Vendors in each area are focusing on incorporating more features in their products. Data hub vendors, for example are focusing on the ability to incorporate a broader spectrum of master data entities while broad-based MDM solution providers are improving performance. Additional areas of focus include integration of business process management, which helps discipline data entry as well as allow analysis of data at specific points in a process.
Master-data management enables organisations to consistently define, enter, store and manage key business entities on an enterprise-wide level. Master-data stores and their respective applications are specifically designed to incorporate master entity (data model) evolutions and to dynamically write back to the source systems. Neither an operational data store nor an enterprise data warehouse is designed for these functions. Organisations that have a need for operational business intelligence should consider a separate operational master-data store. If there is no need for operational business intelligence, organisations should consider a historical master-data store which tracks the evolution of master-data entities and their relationships over time. It is also possible to combine these into a hybrid master-data store.
Master-data-management software vendors can be divided into two groups. On the one hand, there are comprehensive solutions for managing single master-data entities, such as ‘customer’. On the other, there are providers that can accommodate a broad set of master-entity types. Custom-coded solutions present a third option. Which is best for an organisation depends on what types of, and how many master-data entities, an organisation wants to manage.
Mike Fleckenstein is principal analyst at Project Performance Corporation (PPC).

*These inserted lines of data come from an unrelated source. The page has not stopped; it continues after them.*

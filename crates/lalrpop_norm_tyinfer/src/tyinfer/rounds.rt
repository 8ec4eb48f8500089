//! Rounds in which rules take their types.
ghost use Rattle.std.specs.Prelude.{◌≡◌, ◌<◌, [], ◌∷◌, ℕ, List, None, IfOk, OnOk, is_some, length, map, option_map};
ghost use Rattle.lalrpop_norm_theory.specs.Rounds.{IsDistinct};
ghost use Rattle.lalrpop_norm_shared_types.specs.Shared.{shared_view};
ghost use Rattle.lalrpop_norm_tyinfer_steps.specs.Clauses.{clauses_view, first_in};
ghost use Rattle.lalrpop_norm_tyinfer_steps.specs.Needs.{names_seen};
ghost use Rattle.lalrpop_norm_tyinfer_steps.specs.Numbered.{numbered_table, HasSameNumbers, IsNumberOf, NumbersRules};
ghost use Rattle.lalrpop_norm_tyinfer_steps.specs.Stops.{IsStops, typed_at};
ghost use Rattle.lalrpop_norm_tyinfer_steps.specs.TableValues.{type_by_name};
ghost use Rattle.lalrpop_norm_tyinfer_steps.specs.Visits.{rule_seen, EndsRounds, Passes};
ghost use Rattle.lalrpop_norm_tyinfer_steps.specs.Waiting.{VisitsOne, Wakes};
ghost use Rattle.lalrpop_norm_tyinfer.specs.Rounds.{rules_seen, IsBetween};

use crate::tyinfer::clause_values::first_value;
use crate::tyinfer::meanings::type_meant_at;
use lalrpop_norm_shared_types::shared::SharedType;
use lalrpop_norm_tree::grammar::parse_tree::{NoMemory, TypeParameter};
use lalrpop_norm_tyinfer_steps::needs::needs_of;
use lalrpop_norm_tyinfer_steps::numbered::Numbered;
use lalrpop_norm_tyinfer_steps::rules::PlainRule;
use lalrpop_norm_tyinfer_steps::stops::Stops;
use lalrpop_norm_tyinfer_steps::type_sources::RuleClauses;
use lalrpop_norm_tyinfer_steps::waiting::Waiting;
use std::alloc::Global;

/// What the rounds read: the rules in order, and the type parameters of the grammar.
#[derive(Clone, Copy)]
struct Inference<'r> {
    alloc: Global,
    parameters: &'r [TypeParameter],
    rules: &'r [PlainRule<'r>],
}

/// Puts some indices on the worklists: those behind the index on that of this round, the others on that of the next one.
fn wake(
    places: &[usize],
    place: usize,
    now: &mut Waiting,
    next: &mut Waiting,
) -> Result<(), NoMemory>
    ensures { OnOk result (Wakes places.now place now.old now.new next.old next.new) }
{
    for other in places {
        wake_one(*other, place, now, next)?;
    }
    Ok(())
}

fn wake_one(
    other: usize,
    place: usize,
    now: &mut Waiting,
    next: &mut Waiting,
) -> Result<(), NoMemory>
    ensures { OnOk result (Wakes (other ∷ []) place now.old now.new next.old next.new) }
{
    if place < other {
        return now.add(other);
    }
    next.add(other)
}

/// The type that a rule's clauses make by the table, of the first clause that makes one. Where the rule declares the name that is
/// the type of the rule at that index, this is one more owner of that type.
fn shared_value(
    inference: &Inference,
    types: &Numbered,
    clauses: &RuleClauses,
    last: Option<usize>,
) -> Result<Option<SharedType>, NoMemory>
    ensures { IfOk result (λ o. option_map shared_view o
        ≡ first_in inference.now.parameters.now (numbered_table types.now) (clauses_view clauses.now)) }
{
    if let RuleClauses::Declared(written) = clauses {
        if let Some(ty) = type_meant_at(types, written, last) {
            return Ok(Some(ty.clone()?));
        }
    }
    first_value(inference.alloc, inference.parameters, types, clauses)
}

/// Visits the rule at an index: one without a type takes that of its first clause that makes one. The rules of the clauses that
/// have all types by that; none where it takes none. A rule that declares the name that is the type of the rule at the last index
/// shares that type.
fn step(
    inference: &Inference,
    types: &mut Numbered,
    stops: &mut Stops,
    rule: &PlainRule,
    place: usize,
    last: Option<usize>,
) -> Result<Vec<usize>, NoMemory>
    requires sound { IsStops stops.old }
    requires within { place < length stops.old.typed.items }
    requires number { IsNumberOf types.old rule.now.data.now.name.0 place }
    requires told { typed_at stops.old place ≡ is_some (type_by_name (numbered_table types.old) rule.now.data.now.name.0) }
    ensures visits { IfOk result (λ ready. VisitsOne inference.now.parameters.now
        (numbered_table types.old) (numbered_table types.new) (rule_seen rule.now) place stops.old stops.new ready.items) }
    ensures numbers { IfOk result (λ ready. HasSameNumbers types.old types.new) }
{
    let alloc = inference.alloc;
    if stops.is_typed(place) {
        return Ok(Vec::new(alloc));
    }
    match shared_value(inference, types, &rule.clauses, last)? {
        Some(ty) => {
            types.put(place, ty);
            stops.give_type(alloc, place)
        }
        None => Ok(Vec::new(alloc)),
    }
}

/// A round over the rules in order, of which only those at some indices may take a type. It answers the worklist of the next
/// round.
fn round(
    inference: &Inference,
    types: &mut Numbered,
    stops: &mut Stops,
    now: &mut Waiting,
) -> Result<Waiting, NoMemory>
    requires { IsBetween inference.now types.old stops.old now.old }
    ensures between { IfOk result (λ next. IsBetween inference.now types.new stops.new next) }
    ensures passes { IfOk result (λ next. Passes inference.now.parameters.now
        (numbered_table types.old) (numbered_table types.new) (rules_seen inference.now)) }
{
    let rules = inference.rules;
    let mut next = Waiting::new(inference.alloc);
    // No code reads it: the invariant and the measure of the loop speak of it.
    let mut from = 0;
    // The last rule here that declares its type.
    let mut last = None;
    while let Some(place) = now.take_least() {
        let rule = &rules[place];
        let ready = step(inference, types, stops, rule, place, last)?;
        wake(&ready, place, now, &mut next)?;
        from = place + 1;
        if let RuleClauses::Declared(_) = &rule.clauses {
            last = Some(place);
        }
    }
    Ok(next)
}

/// Rounds until the worklist is empty. As many rounds as there are rules are enough.
fn rounds_from(
    inference: &Inference,
    types: &mut Numbered,
    stops: &mut Stops,
    mut now: Waiting,
) -> Result<(), NoMemory>
    requires { IsBetween inference.now types.old stops.old now }
    ensures numbered { OnOk result (NumbersRules types.new (rules_seen inference.now)) }
    ensures ends { OnOk result (EndsRounds inference.now.parameters.now
        (numbered_table types.old) (numbered_table types.new) (rules_seen inference.now) (length inference.now.rules.now)) }
{
    // No code reads `count`: the invariant speaks of it.
    for count in 0..inference.rules.len() {
        now = round(inference, types, stops, &mut now)?;
        if now.is_empty() {
            return Ok(());
        }
    }
    Ok(())
}

/// The rounds of rules of a table in which no name has a type yet.
pub(crate) fn run_rounds(
    alloc: Global,
    parameters: &[TypeParameter],
    types: &mut Numbered,
    rules: &[PlainRule],
) -> Result<(), NoMemory>
    requires distinct { IsDistinct (names_seen (map rule_seen rules.now)) }
    requires numbered { NumbersRules types.old (map rule_seen rules.now) }
    requires untyped { (n : List ℕ) → type_by_name (numbered_table types.old) n ≡ None }
    ensures numbered { OnOk result (NumbersRules types.new (map rule_seen rules.now)) }
    ensures ends { OnOk result (EndsRounds parameters.now
        (numbered_table types.old) (numbered_table types.new) (map rule_seen rules.now) (length rules.now)) }
{
    let needs = needs_of(alloc, parameters, &types.names, rules)?;
    let mut stops = Stops::new(alloc, rules.len())?;
    let ready = stops.begin(alloc, &needs)?;
    let first = Waiting::of(alloc, &ready)?;
    let inference = Inference {
        alloc,
        parameters,
        rules,
    };
    rounds_from(&inference, types, &mut stops, first)
}
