//! Alternatives that give another type than their rule has.
ghost use Rattle.std.specs.Prelude.{◌≡◌, List, flat_map, map, option_map};
ghost use Rattle.lalrpop_norm_tree_names.specs.declared.names.TypeParameter.{TypeParameter};
ghost use Rattle.lalrpop_norm_tree.specs.Items.{alternative_view};
ghost use Rattle.lalrpop_norm_faults.specs.Faults.{Refuses, fault_if};
ghost use Rattle.lalrpop_norm_faults.specs.declared.kind.FaultKind.TheVariants.{Disagreement};
ghost use Rattle.lalrpop_norm_model.specs.InferenceFaults.{is_other};
ghost use Rattle.lalrpop_norm_repr.specs.Tables.{type_of};
ghost use Rattle.lalrpop_norm_shared_types.specs.Shared.{shared_view};
ghost use Rattle.lalrpop_norm_tyinfer_steps.specs.Numbered.{numbered_table};
ghost use Rattle.lalrpop_norm_tyinfer_steps.specs.TableFaults.{other_in, others_in, AgreesAlone, AgreeAlone};
ghost use Rattle.lalrpop_norm_tyinfer_steps.specs.Visits.{plain_rule_view, rule_seen};

use crate::tyinfer::clause_values::clause_value;
use lalrpop_norm_faults::{FaultKind, NormResult, refusal};
use lalrpop_norm_shared_types::shared::SharedType;
use lalrpop_norm_tree::grammar::parse_tree::{Alternative, NonterminalString, Span};
use lalrpop_norm_tyinfer_steps::numbered::Numbered;
use lalrpop_norm_tyinfer_steps::rules::PlainRule;
use lalrpop_norm_tyinfer_steps::same::is_same_type;
use lalrpop_norm_tyinfer_steps::type_sources::{RuleClauses, alternative_clause};
use std::alloc::Global;

/// Rejects an alternative of a rule without a declared type if it gives another type than the rule has, under any type
/// parameters. If a rule has only one clause, the type that this makes is the rule's (`AgreeAlone`).
pub(crate) fn check_agreement(
    alloc: Global,
    types: &Numbered,
    rules: &[PlainRule],
) -> NormResult<()>
    ensures { (ps : List TypeParameter) → AgreeAlone ps (numbered_table types.now) (map rule_seen rules.now) →
        Refuses result (flat_map (others_in ps (numbered_table types.now)) (map plain_rule_view rules.now)) }
{
    for rule in rules {
        check_rule(alloc, types, rule)?;
    }
    Ok(())
}

fn check_rule(alloc: Global, types: &Numbered, rule: &PlainRule) -> NormResult<()>
    ensures { (ps : List TypeParameter) → AgreesAlone ps (numbered_table types.now) (rule_seen rule.now) →
        Refuses result (others_in ps (numbered_table types.now) (plain_rule_view rule.now)) }
{
    // A rule that declares its type is passed without a look at it.
    match &rule.clauses {
        RuleClauses::Declared(_) => Ok(()),
        RuleClauses::Alternatives(clauses) => {
            // A rule with one clause has its type by this clause.
            if clauses.len() < 2 {
                return Ok(());
            }
            let own = types.lookup_nonterminal_type(&rule.data.name);
            check_alternatives(alloc, types, &rule.data.name, own, &rule.data.alternatives)
        }
    }
}

fn check_alternatives(
    alloc: Global,
    types: &Numbered,
    name: &NonterminalString,
    own: Option<&SharedType>,
    alternatives: &[Alternative],
) -> NormResult<()>
    requires { option_map (λ t. shared_view t.now) own ≡ type_of name.now (numbered_table types.now) }
    ensures { (ps : List TypeParameter) →
        Refuses result (flat_map (other_in ps (numbered_table types.now) name.now.0) (map alternative_view alternatives.now)) }
{
    for alternative in alternatives {
        check_alternative(alloc, types, name, own, alternative)?;
    }
    Ok(())
}

fn check_alternative(
    alloc: Global,
    types: &Numbered,
    name: &NonterminalString,
    own: Option<&SharedType>,
    alternative: &Alternative,
) -> NormResult<()>
    requires { option_map (λ t. shared_view t.now) own ≡ type_of name.now (numbered_table types.now) }
    ensures { (ps : List TypeParameter) →
        Refuses result (other_in ps (numbered_table types.now) name.now.0 (alternative_view alternative.now)) }
{
    match alternative_clause(alloc, alternative)? {
        Some(clause) => {
            let given = clause_value(alloc, types, &clause)?;
            let agrees = check_same(alloc, name, alternative.span, &given, own);
            // By a call: where a value of this type ends in place, its drop is proved there, variant by variant.
            drop(given);
            agrees
        }
        None => Ok(()),
    }
}

fn check_same(
    alloc: Global,
    name: &NonterminalString,
    span: Span,
    given: &Option<SharedType>,
    own: Option<&SharedType>,
) -> NormResult<()>
    ensures { Refuses result
        (fault_if (is_other (option_map shared_view given.now) (option_map (λ t. shared_view t.now) own.entry)) (Disagreement, span)) }
{
    match (given, own) {
        (None, _) => Ok(()),
        (Some(given), Some(own)) => {
            if is_same_type(alloc, given, own)? {
                return Ok(());
            }
            Err(refusal(
                FaultKind::Disagreement,
                span,
                format!(in alloc;
                    "this alternative gives `{given}`, and `{name}` has the type `{own}`: make them agree, or declare the type of `{name}` and give each alternative code"
                ),
            ))
        }
        (Some(given), None) => Err(refusal(
            FaultKind::Disagreement,
            span,
            format!(in alloc;
                "this alternative gives `{given}`, and `{name}` has no type: declare one, as `{name}: T`"
            ),
        )),
    }
}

He has 20 years experience developing and deploying data solutions for public and private sector clients around the globe, focusing on the insurance industry for the past six years. He currently leads the insurance practice at PPC (www.ppc.com) using best-of-breed technologies and solutions for data warehousing and master-data management, among others. Prior to joining PPC, Fleckenstein served as application manager at Medmarc Insurance and ran his own IT consulting firm, Windsor Systems Inc, specialising in IT and data solutions.